Case study: Unlocking revenue through app redesign

Problem:

As a member of the cross-functional leadership team at Bond, I realized that the sales team was spending a disproportionate amount of time and cost onboarding SMB customers. These customers represented one of the highest lifetime value segments for Bond and often made repeat purchases. They shared their frustrated feedback with the slow and manual existing process and would often drop off before completing their order through an account executive. 

I hypothesized we could better serve these customers by redesigning our product suite to include features for this valuable and underserved audience. 

Approach:

I prepared multiple presentations (example above), leveraging current data and customer feedback to persuade marketing, sales, and C-suite leadership in the new direction for the product portfolio and initially encountered resistance at making such a substantial change.

I led the product team to conduct user interviews, where we quickly confirmed the hypothesis and demand for this redesign. We used this knowledge to build clickable prototypes with InVision, which we then tested with potential first customers to understand and inform what features were necessary at launch.

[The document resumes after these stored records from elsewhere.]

#![tactic(auto)]
// The header of a fixed array.
ghost use Rattle.std.specs.Prelude.{◌≡◌, Ok};
ghost use Rattle.std.proofs.Common.{arith};
ghost use Rattle.refusal.specs.Outcome.{◌yields◌};
ghost use Rattle.refusal.specs.declared.Refusal.TheVariants.{FixedHeaderSignature};
ghost use Rattle.checksum.specs.Lookup3.{lookup3};
ghost use Rattle.fa_header.specs.Header.{fixed_header_bytes, fixed_header_at, fixed_header_test};
ghost use Rattle.fa_header.specs.Served.{fixed_served, fixed_served_test};

use fields::bytes::{read_address, read_le};
use refusal::Refusal;
use structures::header::{self, IndexHeader};

// What the header of a fixed array says: sizes, extents and places of its structures follow from it and the offset
// size alone.
#[derive(Clone, Copy)]
pub struct FixedArrayHeader {
    // 0 for chunks without filters; any other client is filtered.
    pub client_id: u8,
    // The bytes of an element.
    pub element_size: u8,
    // Page exponent: a page has 2^exponent elements.
    pub max_nelmts_bits: u8,
    // The number of entries.
    pub num_elements: u64,
    pub data_block_address: u64,
}

impl FixedArrayHeader {
    // Reads the header at an address of a file. In this order it is refused: 20 where it does not lie in the file
    // with the sizes as given, 34 and 22 for its signature and version, 2 and 1 for the sizes, 26 for its checksum.
    #[tactic(auto, unfolding(crate::specs::Header::fixed_header_test))]
    pub fn parse(
        file: &[u8],
        address: u64,
        offset_size: u64,
        length_size: u64,
    ) -> Result<Self, Refusal>
        ensures { result ≡ (fixed_header_test lookup3 file.now address offset_size length_size
            yields Ok (fixed_header_at file.now address offset_size length_size)) }
    {
        header::parse(file, address, offset_size, length_size)
    }

    // Whether the page exponent is within its limit.
    #[tactic(auto, unfolding(crate::specs::Served::fixed_served))]
    pub fn is_served(self) -> bool
        ensures { result ≡ fixed_served self }
    {
        self.max_nelmts_bits <= 32
    }

    // 27 where the header is not served.
    #[tactic(auto, unfolding(crate::specs::Served::fixed_served_test, refusal::specs::Refusals::refuse))]
    pub fn served_test(self) -> Result<(), Refusal>
        ensures { result ≡ fixed_served_test self }
    {
        if self.is_served() {
            Ok(())
        } else {
            Err(Refusal::HeaderNotServed)
        }
    }
}

impl IndexHeader for FixedArrayHeader {
    // "FAHD"
    const SIGNATURE: u32 = 0x4448_4146;

    const WRONG_SIGNATURE: Refusal = Refusal::FixedHeaderSignature;

    ghost SIGNATURE = { 0x4448_4146 };

    ghost WRONG_SIGNATURE = { FixedHeaderSignature };

    ghost bytes = { fixed_header_bytes };

    ghost at = { fixed_header_at };

    #[tactic(auto, unfolding(refusal::specs::Refusals::figure))]
    fn serialized_size(offset_size: u64, length_size: u64) -> u64 {
        length_size.saturating_add(12).saturating_add(offset_size)
    }

    #[tactic(auto, using(fields::proofs::Widths::width_le), unfolding(crate::specs::Header::fixed_header_at))]
    fn read_at(file: &[u8], pos: usize, offset_size: usize, length_size: usize) -> Self {
        let entries = read_le(file, pos + 8, length_size);
        let block = read_address(file, pos + 8 + length_size, offset_size);
        Self {
            client_id: file[pos + 5],
            element_size: file[pos + 6],
            max_nelmts_bits: file[pos + 7],
            num_elements: entries,
            data_block_address: block.value,
        }
    }

    ghost has_form = { λ o l. omega arith };
}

Armed with a substantiated hypothesis, and the learnings from multiple customer interviews and user tests, I was able to get stakeholder buy-in to move forward with the redesign. I put together the product requirements documentation (available below) and go-to-market plan. These assets were our guiding light and were shared broadly across the company to make sure all teams moved in the same direction.

Outcome:

We shipped the minimum viable redesign of the web and iOS mobile applications in >3 months. The new feature set added $1+ million in top-line revenue, a 433 percent jump YoY (Report from Stripe below).

Additionally, the sales team was also able to shift focus to Enterprise deals, increasing their average deal size from $4,000 to $10,000+ over the same period.